Work instructions: Produce word for word the lines of the data below running from the one that has "fn is_beyond(body: &Body) -> bool" to the one that has "-> Result<(), Memory>", inclusive, and no others.

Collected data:
++++++
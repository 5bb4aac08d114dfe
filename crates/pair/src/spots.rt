// Tracks and positions of X.2 (g) held against X.1 (f), whose tracks are found by the words of their numbers: 11 and 12 in 01's table. Fact
// by fact, from the place on where the pass over the records stops.
ghost use Rattle.std.specs.Prelude.{◌≡◌, [], ◌∷◌, ◌+◌, Ok};
ghost use Rattle.octets.specs.Octets.{num_at};
ghost use Rattle.verdict.specs.Facts.{at_most, test, first_fault};
ghost use Rattle.x1_verdict.specs.Facts.{verdict_of};
ghost use Rattle.x2_layout.specs.inner.Bounds.{Bounded};
ghost use Rattle.x2_layout.specs.inner.Regions.{Regions};
ghost use Rattle.x2_layout.specs.inner.Walking.{Walking};
ghost use Rattle.pair.specs.inner.Tracks.{Answers, in_first_by, within_track_by};
ghost use Rattle.pair.specs.Pair.{lies, stands, reach, spot_facts, record_pair, records_pair};

use crate::pass::records_reached;
use crate::tracks::{POSITION_SIZE, TRACK_SIZE, is_found, track_at};
use octets::u32_at;
use tables::{Field, number_of, place_of};
use verdict::{Mark, Reason, Rule, fact};
use x1_lookup::Presence;
use x1_records::Track;
use x2_layout::{Layout, kind_at, size_of};
use x2_records::{Balise, Boundary, Joint, Kind, Siding, Signal, Turnout};

// The track at t, of the record at `at`, is in X.1, where this was found of it.
fn in_first(found: Option<u32>, at: u32, t: usize) -> Result<(), Mark>
    ensures { result ≡ first_fault (in_first_by found at t ∷ []) }
{
    let ok = is_found(found);
    let rule = Rule::InFirst;
    fact(ok, Reason::Track, at as usize, t, TRACK_SIZE, rule)
}

// The end position of the track that was found.
fn end_of(f: &[u8], found: Option<u32>) -> usize
    ensures { result ≡ reach f.now found }
{
    match found {
        Some(e) => number_of(f, e, Track::END_POSITION),
        None => 0,
    }
}

// The position at p is at most the end of the track that was found.
fn is_within(f: &[u8], g: &[u8], found: Option<u32>, p: usize) -> bool
    ensures { result ≡ test (at_most (num_at 4 g.now p) (reach f.now found)) }
{
    u32_at(g, p) <= end_of(f, found)
}

// The position at p is at most the end of the track at t, where this was found of it.
fn within_track(
    f: &[u8],
    g: &[u8],
    found: Option<u32>,
    at: u32,
    t: usize,
    p: usize,
) -> Result<(), Mark>
    ensures { result ≡ first_fault (within_track_by f.now g.now found at t p ∷ []) }
{
    let ok = is_within(f, g, found, p);
    let rule = Rule::WithinTrack(t);
    fact(ok, Reason::Position, at as usize, p, POSITION_SIZE, rule)
}

// The track at t, alone.
fn stands_on(f: &[u8], g: &[u8], tracks: Presence, at: u32, t: usize) -> Result<(), Mark>
    requires { Answers f.now tracks }
    ensures { result ≡ first_fault (spot_facts f.now g.now at (stands t)) }
{
    in_first(track_at(f, g, tracks, t), at, t)
}

// A track with a position on it.
fn lies_on(
    f: &[u8],
    g: &[u8],
    tracks: Presence,
    at: u32,
    track: Field,
    position: Field,
) -> Result<(), Mark>
    requires { Answers f.now tracks }
    ensures { result ≡ first_fault (spot_facts f.now g.now at (lies (at + track.0) (at + position.0))) }
{
    let t = place_of(at, track);
    let found = track_at(f, g, tracks, t);
    in_first(found, at, t)?;
    within_track(f, g, found, at, t, place_of(at, position))
}

// The three positions of a turnout, each with its own track.
fn turnout_pair(f: &[u8], g: &[u8], tracks: Presence, at: u32) -> Result<(), Mark>
    requires { Answers f.now tracks }
    ensures { result ≡ first_fault (record_pair f.now g.now Kind.Turnout at) }
{
    lies_on(
        f,
        g,
        tracks,
        at,
        Turnout::FRONT_TRACK,
        Turnout::TIP_POSITION,
    )?;
    lies_on(
        f,
        g,
        tracks,
        at,
        Turnout::NORMAL_TRACK,
        Turnout::NORMAL_POSITION,
    )?;
    lies_on(
        f,
        g,
        tracks,
        at,
        Turnout::REVERSE_TRACK,
        Turnout::REVERSE_POSITION,
    )
}

// The tracks and positions of one record.
fn record_pair(f: &[u8], g: &[u8], tracks: Presence, k: Kind, at: u32) -> Result<(), Mark>
    requires { Answers f.now tracks }
    ensures { result ≡ first_fault (record_pair f.now g.now k at) }
{
    match k {
        Kind::StartBoundary => lies_on(f, g, tracks, at, Boundary::TRACK, Boundary::POSITION),
        Kind::EndBoundary => lies_on(f, g, tracks, at, Boundary::TRACK, Boundary::POSITION),
        Kind::Turnout => turnout_pair(f, g, tracks, at),
        Kind::Balise => lies_on(f, g, tracks, at, Balise::TRACK, Balise::POSITION),
        Kind::Signal => lies_on(f, g, tracks, at, Signal::TRACK, Signal::POSITION),
        Kind::Joint => lies_on(f, g, tracks, at, Joint::TRACK, Joint::POSITION),
        Kind::Siding => stands_on(f, g, tracks, at, place_of(at, Siding::TRACK)),
    }
}

// The tracks and positions of every record from a place on: those of the first record that does not obey are the verdict. All records before
// the place obey.
fn records_told(f: &[u8], g: &[u8], l: Layout, tracks: Presence, from: usize) -> Result<(), Mark>
    requires { Answers f.now tracks × Bounded l × Walking g.now l (record_pair f.now g.now) from }
    ensures { result ≡ first_fault (records_pair f.now g.now l) }
{
    let end = l.end;
    let mut at = from;
    while at < end {
        let k = kind_at(l, at);
        record_pair(f, g, tracks, k, at as u32)?;
        at = at + size_of(g, k, at);
    }
    Ok(())
}

// The tracks and positions of every record. Both files are accepted.
pub fn records_pair(f: &[u8], g: &[u8], l: Layout) -> Result<(), Mark>
    requires { (verdict_of f.now ≡ Ok tt) × Bounded l × Regions g.now l }
    ensures { result ≡ first_fault (records_pair f.now g.now l) }
{
    let tracks = Presence::of(f);
    let from = records_reached(f, g, l, tracks);
    records_told(f, g, l, tracks, from)
}
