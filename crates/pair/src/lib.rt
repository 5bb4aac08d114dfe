// The station pair (01, 'The pair'): X.1 and X.2 held against each other, 10 to 12 in 01's table.
#![tactic(auto, unfolding(verdict::specs::Facts::first_fault))]

mod pass;
mod spots;
mod tracks;
mod verdicts;

pub use verdicts::pair_verdict;
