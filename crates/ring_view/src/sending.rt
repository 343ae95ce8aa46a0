//! To whom frames go.
ghost use Rattle.std.specs.Prelude.{◌≡◌, ◌++◌, ◌==◌, ◌||◌, OnOk};
ghost use Rattle.ring_link.specs.Silence.{Link};
ghost use Rattle.protocol.specs.Parts.{Ring};
ghost use Rattle.protocol.specs.Rings.{owner_of, sends, is_beyond as is_fetch_beyond};
ghost use Rattle.ring_view.specs.Views.{IsViewOf};

use frames::{Body, Frame, Frames, Sent};
use mrp_types::{Ballot, END, Memory, NodeId, Party, RingView};

/// The acceptor that owns a ballot; ballot 0 is nobody's.
pub fn owner(view: &RingView, ballot: Ballot) -> Option<NodeId>
    ensures { (ring : Ring) (link : Link) → IsViewOf view.now ring link → result ≡ owner_of ring ballot }
{
    let count = view.acceptors.len();
    if ballot == 0 {
        return None;
    }
    if count == 0 {
        return None;
    }
    view.acceptors.at((ballot % u64::from(count)) as u8)
}

/// Whether it is a Fetch for the end of all instances.
fn is_beyond(body: &Body) -> bool
    ensures { result ≡ is_fetch_beyond body.now }
{
    match body {
        Body::Fetch { lo, .. } => END <= *lo,
        _ => false,
    }
}

/// Whether a frame isn't sent.
fn stays(own: NodeId, to: NodeId, body: &Body) -> bool
    ensures { result ≡ (to.0 == own.0 || is_fetch_beyond body.now) }
{
    to == own || is_beyond(body)
}

/// Adds a frame of the own node, if it is to go to another one; a Fetch for the end of all instances isn't sent.
pub fn send(view: &RingView, to: Option<NodeId>, body: Body, out: &mut Frames) -> Result<(), Memory>
    ensures { OnOk result ((ring : Ring) (link : Link) → IsViewOf view.now ring link → out.new ≡ out.old ++ sends ring to body) }
{
    let Some(to) = to else {
        return Ok(());
    };
    if stays(view.own, to, &body) {
        return Ok(());
    }
    out.push(Sent {
        to: Party::Node(to),
        frame: Frame {
            from: Party::Node(view.own),
            body,
        },
    })
}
++++++
Output:
fn is_beyond(body: &Body) -> bool
    ensures { result ≡ is_fetch_beyond body.now }
{
    match body {
        Body::Fetch { lo, .. } => END <= *lo,
        _ => false,
    }
}

/// Whether a frame isn't sent.
fn stays(own: NodeId, to: NodeId, body: &Body) -> bool
    ensures { result ≡ (to.0 == own.0 || is_fetch_beyond body.now) }
{
    to == own || is_beyond(body)
}

/// Adds a frame of the own node, if it is to go to another one; a Fetch for the end of all instances isn't sent.
pub fn send(view: &RingView, to: Option<NodeId>, body: Body, out: &mut Frames) -> Result<(), Memory>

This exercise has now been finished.